Shell garage on hte A4, at Gillette corner West London sells Optimax 

try another shell garage. until you see it..... in big red letters 8)


----------



## Guest (May 14, 2003)

unless of course you live in Luxembourg.. then I have no idea.. maybe Optimax is UK ONLY :-/


----------



## sonnyikea (Dec 31, 2002)

LOL ;D


----------



## StuarTT (May 7, 2002)

> Stuart,
> 
> Hi, where do you get Optimax over here?
> 
> ...


No idea, Craig, I've only ever seen it for sale in Germany.

As to the V-Power stuff, they are apparently selling it for 1,18 euros in Germany compared to 1,11 euros for normal unleaded Super .

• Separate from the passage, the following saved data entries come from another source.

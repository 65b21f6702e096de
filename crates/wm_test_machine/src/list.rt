// Sorted lists, made from a `Vec` and given back.
use crate::object::write_queue_entry;
use crate::text::{number_of, qname_of};
use anyhow::{Context, Result};
use std::alloc::Global;
use wm_base::Limit;
use wm_desc::{QueueEntries, QueueEntry};

// `10:QGPL/A`
fn entry_of(word: &str) -> Result<QueueEntry> {
    let (seq, jobq) = word.split_once(':').context("no number")?;
    Ok(QueueEntry {
        seq: u32::try_from(number_of(seq)?)?,
        jobq: qname_of(jobq).context("no qualified name")?,
        maxact: Limit::Most(1),
        maxpty: [Limit::NoMax; 9],
    })
}

fn entries_of(alloc: Global, words: &str) -> Result<Vec<QueueEntry>> {
    let mut entries = Vec::new(alloc);
    for word in words.split(' ') {
        entries.push(entry_of(word)?)?;
    }
    Ok(entries)
}

fn write_all(entries: &[QueueEntry], answer: &mut String) -> Result<()> {
    for entry in entries {
        write_queue_entry(entry, answer)?;
    }
    Ok(())
}

/// Adds what the list of such entries gives back, where they are sorted.
pub fn write_sorted(alloc: Global, words: &str, answer: &mut String) -> Result<()> {
    let entries = entries_of(alloc, words)?;
    if !QueueEntries::is_sorted(&entries) {
        answer.push_str("NOT SORTED\n")?;
        return Ok(());
    }
    let list = QueueEntries::from_vec(entries);
    answer.push_str(if list.is_empty() {
        "EMPTY\n"
    } else {
        "SORTED\n"
    })?;
    write_all(&list.into_vec(), answer)
}
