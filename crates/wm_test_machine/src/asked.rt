// The questions by their first word.
use crate::list::write_sorted;
use crate::object::{write_copied, write_objects};
use crate::shown::write_state;
use crate::tested::Tested;
use crate::text::first_word;
use anyhow::Result;
use std::alloc::Global;
use std::mem;
use wm_cases::Subject;
use wm_command::print;
use wm_core::opening_commands;

// Adds the text of each command that an empty store opens with.
fn write_opening(alloc: Global, answer: &mut String) -> Result<()> {
    for command in &opening_commands(alloc)? {
        let text = print(alloc, command)?;
        writeln!(answer, "{text}")?;
    }
    Ok(())
}

impl Tested {
    // Adds what is shown of the objects, or else of the state.
    fn show(&self, words: &str, answer: &mut String) -> Result<()> {
        let (what, name) = first_word(words);
        match what {
            "jobs"
            | "waiting"
            | "next"
            | "holder"
            | "pending"
            | "power"
            | "prestart"
            | "stopped"
            | "requests" => { write_state(&self.core, what, name, answer) }
            _ => write_objects(self.objects(), what, name, answer),
        }
    }

    // Answers by the first word, which is the name of a command where it is none of these.
    fn ask(&mut self, question: &str, answer: &mut String) -> Result<()> {
        let (word, words) = first_word(question);
        match word {
            "monitor" => self.monitor(words, answer),
            "show" => self.show(words, answer),
            "set" => self.set(words),
            "times" => self.times(words, answer),
            "opening" => write_opening(self.alloc, answer),
            "copy" => write_copied(self.alloc, self.objects(), answer),
            "list" => write_sorted(self.alloc, words, answer),
            _ => self.command(question, answer),
        }
    }
}

impl Subject for Tested {
    fn begin(&mut self) -> Result<()> {
        let tested = Tested::new(self.alloc)?;
        // A call lets the old one go: what is let go in place is proved field by field.
        drop(mem::replace(self, tested));
        Ok(())
    }

    // A question that can't be asked is answered by its fault.
    fn answer(&mut self, question: &str, answer: &mut String) -> Result<()> {
        if let Err(fault) = self.ask(question, answer) {
            writeln!(answer, "{fault}")?;
        }
        Ok(())
    }
}
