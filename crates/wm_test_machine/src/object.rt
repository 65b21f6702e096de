// The objects and their entries, as text.
use crate::text::qname_of;
use anyhow::{Context, Result, bail};
use std::alloc::{AllocError, Global};
use wm_base::Limit;
use wm_desc::{Cmp, Jobd, Objects, PreEntry, QueueEntry, RouteEntry, Sbsd, Table};

// The object of that name.
fn object<'a, V>(table: &'a Table<V>, name: &str) -> Result<&'a V> {
    let name = qname_of(name).context("no qualified name")?;
    table.object(&name).context("NONE")
}

fn write_counts(objects: &Objects, answer: &mut String) -> Result<()> {
    let (classes, jobqs, programs) = (
        objects.classes.len(),
        objects.jobqs.len(),
        objects.programs.len(),
    );
    let (jobds, sbsds) = (objects.jobds.len(), objects.sbsds.len());
    writeln!(
        answer,
        "CLS {classes} JOBQ {jobqs} PGM {programs} JOBD {jobds} SBSD {sbsds}"
    )?;
    Ok(())
}

fn write_class(objects: &Objects, name: &str, answer: &mut String) -> Result<()> {
    let cls = object(&objects.classes, name)?;
    writeln!(
        answer,
        "RUNPTY {} TIMESLICE {} DFTWAIT {}",
        cls.runpty, cls.timeslice, cls.dftwait
    )?;
    Ok(())
}

fn write_queue(objects: &Objects, name: &str, answer: &mut String) -> Result<()> {
    let _queue = object(&objects.jobqs, name)?;
    answer.push_str("THERE\n")?;
    Ok(())
}

fn write_program(objects: &Objects, name: &str, answer: &mut String) -> Result<()> {
    let program = object(&objects.programs, name)?;
    writeln!(answer, "PATH {}", program.path)?;
    Ok(())
}

fn request_text(jobd: &Jobd) -> &str {
    match &jobd.rqsdta {
        None => "*NONE",
        Some(request) => request.as_str(),
    }
}

fn write_jobd(objects: &Objects, name: &str, answer: &mut String) -> Result<()> {
    let jobd = object(&objects.jobds, name)?;
    write!(answer, "JOBQ {} JOBPTY {}", jobd.jobq, jobd.pty)?;
    write!(
        answer,
        " RTGDTA {} RQSDTA {}",
        jobd.rtgdta,
        request_text(jobd)
    )?;
    answer.push_str(if jobd.hold {
        " HOLD *YES\n"
    } else {
        " HOLD *NO\n"
    })?;
    Ok(())
}

// How many entries a description has of each kind.
fn write_description(objects: &Objects, name: &str, answer: &mut String) -> Result<()> {
    let sbsd = object(&objects.sbsds, name)?;
    write!(
        answer,
        "MAXJOBS {} JOBQE {}",
        sbsd.maxjobs,
        sbsd.queues.len()
    )?;
    let (routes, autos, pres) = (sbsd.routes.len(), sbsd.autos.len(), sbsd.pres.len());
    writeln!(answer, " RTGE {routes} AJE {autos} PJE {pres}")?;
    Ok(())
}

fn write_limits(limits: &[Limit], answer: &mut String) -> Result<(), AllocError> {
    for limit in limits {
        write!(answer, " {limit}")?;
    }
    Ok(())
}

/// Adds the line of a queue entry.
pub fn write_queue_entry(entry: &QueueEntry, answer: &mut String) -> Result<()> {
    write!(
        answer,
        "{} {} MAXACT {}",
        entry.seq, entry.jobq, entry.maxact
    )?;
    answer.push_str(" MAXPTY")?;
    write_limits(&entry.maxpty, answer)?;
    answer.push('\n')?;
    Ok(())
}

fn write_queues(sbsd: &Sbsd, answer: &mut String) -> Result<()> {
    for entry in sbsd.queues.as_slice() {
        write_queue_entry(entry, answer)?;
    }
    Ok(())
}

fn write_compared(cmp: &Cmp, answer: &mut String) -> Result<(), AllocError> {
    match cmp {
        Cmp::Any => answer.push_str(" *ANY"),
        Cmp::Val { value, start } => write!(answer, " '{value}' {start}"),
    }
}

fn write_route(entry: &RouteEntry, answer: &mut String) -> Result<(), AllocError> {
    write!(answer, "{}", entry.seq)?;
    write_compared(&entry.cmp, answer)?;
    write!(answer, " {} {}", entry.pgm, entry.cls)?;
    writeln!(answer, " MAXACT {} POOLID {}", entry.maxact, entry.poolid)
}

fn write_routes(sbsd: &Sbsd, answer: &mut String) -> Result<()> {
    for entry in sbsd.routes.as_slice() {
        write_route(entry, answer)?;
    }
    Ok(())
}

fn write_autos(sbsd: &Sbsd, answer: &mut String) -> Result<()> {
    for entry in sbsd.autos.as_slice() {
        writeln!(answer, "{} {}", entry.job, entry.jobd)?;
    }
    Ok(())
}

fn write_pre(entry: &PreEntry, answer: &mut String) -> Result<()> {
    let (jobs, threshold, more) = (entry.inljobs, entry.threshold, entry.adljobs);
    let (starts, most, uses, wait) = (entry.strjobs, entry.maxjobs, entry.maxuse, entry.wait);
    write!(answer, "{} {starts} {jobs} {threshold} {more}", entry.pgm)?;
    writeln!(
        answer,
        " {most} {uses} {wait} {} {}",
        entry.cls, entry.poolid
    )?;
    Ok(())
}

fn write_pres(sbsd: &Sbsd, answer: &mut String) -> Result<()> {
    for entry in sbsd.pres.as_slice() {
        write_pre(entry, answer)?;
    }
    Ok(())
}

/// Adds what the word says: the `counts` of all objects, or the object of that name: a `class`, a `queue`, a `program`,
/// a `jobd`, or of a subsystem description what its `description`, its `queues`, its `routes`, its `autos` or its `pres`
/// have.
pub fn write_objects(objects: &Objects, what: &str, name: &str, answer: &mut String) -> Result<()> {
    match what {
        "counts" => write_counts(objects, answer),
        "class" => write_class(objects, name, answer),
        "queue" => write_queue(objects, name, answer),
        "program" => write_program(objects, name, answer),
        "jobd" => write_jobd(objects, name, answer),
        "description" => write_description(objects, name, answer),
        "queues" => write_queues(object(&objects.sbsds, name)?, answer),
        "routes" => write_routes(object(&objects.sbsds, name)?, answer),
        "autos" => write_autos(object(&objects.sbsds, name)?, answer),
        "pres" => write_pres(object(&objects.sbsds, name)?, answer),
        _ => bail!("nothing to be shown"),
    }
}

// Adds the objects of a table under their names.
fn write_table<V>(
    alloc: Global,
    objects: &Objects,
    table: &Table<V>,
    what: &str,
    answer: &mut String,
) -> Result<()> {
    for (name, _) in table.as_slice() {
        let name = format!(in alloc; "{name}")?;
        writeln!(answer, "{what} {name}")?;
        write_objects(objects, what, name.as_str(), answer)?;
    }
    Ok(())
}

// Adds all objects with all that they have.
fn write_all(alloc: Global, objects: &Objects, answer: &mut String) -> Result<()> {
    write_table(alloc, objects, &objects.classes, "class", answer)?;
    write_table(alloc, objects, &objects.jobqs, "queue", answer)?;
    write_table(alloc, objects, &objects.programs, "program", answer)?;
    write_table(alloc, objects, &objects.jobds, "jobd", answer)?;
    write_table(alloc, objects, &objects.sbsds, "description", answer)?;
    write_table(alloc, objects, &objects.sbsds, "queues", answer)?;
    write_table(alloc, objects, &objects.sbsds, "routes", answer)?;
    write_table(alloc, objects, &objects.sbsds, "autos", answer)?;
    write_table(alloc, objects, &objects.sbsds, "pres", answer)
}

/// Adds whether a copy of the objects is equal to them: whether both are the same text.
pub fn write_copied(alloc: Global, objects: &Objects, answer: &mut String) -> Result<()> {
    let copy = objects.clone()?;
    let (mut written, mut again) = (String::new(alloc), String::new(alloc));
    write_all(alloc, objects, &mut written)?;
    write_all(alloc, &copy, &mut again)?;
    answer.push_str(if written == again {
        "EQUAL\n"
    } else {
        "OTHER\n"
    })?;
    Ok(())
}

A bit heavy, when you consider that I filled up at the Shell station in Helfent on Friday for euros 0,77 before going to Germany for the weekend. ;D


----------



## donny (Sep 5, 2003)

Optimax being phased out...

It still needs to be phased in, in some places


----------



## sonnyikea (Dec 31, 2002)

That is pricey. Good that we have some of the cheapest fuel in Europe here. Whenever I go back to the UK and get a hire car it hurts to fill it up with petrol


----------



## Rhod_TT (May 7, 2002)

Friends of the family who work for Shell say we're keeping Optimax and Continental Europe get two different high-spec fuels. V-Power and F-Power (or something). Don't take my word for it though.

Could be another good reason to join europe properly.

Rhod


----------



## bash-the-monkey (Jun 5, 2002)

At this rate we could just experiment with other stuff - I vote we try Vodka first.

Bash
www.bashthemonkey.com

PS is it counted as drink driving if your car drinks it?


----------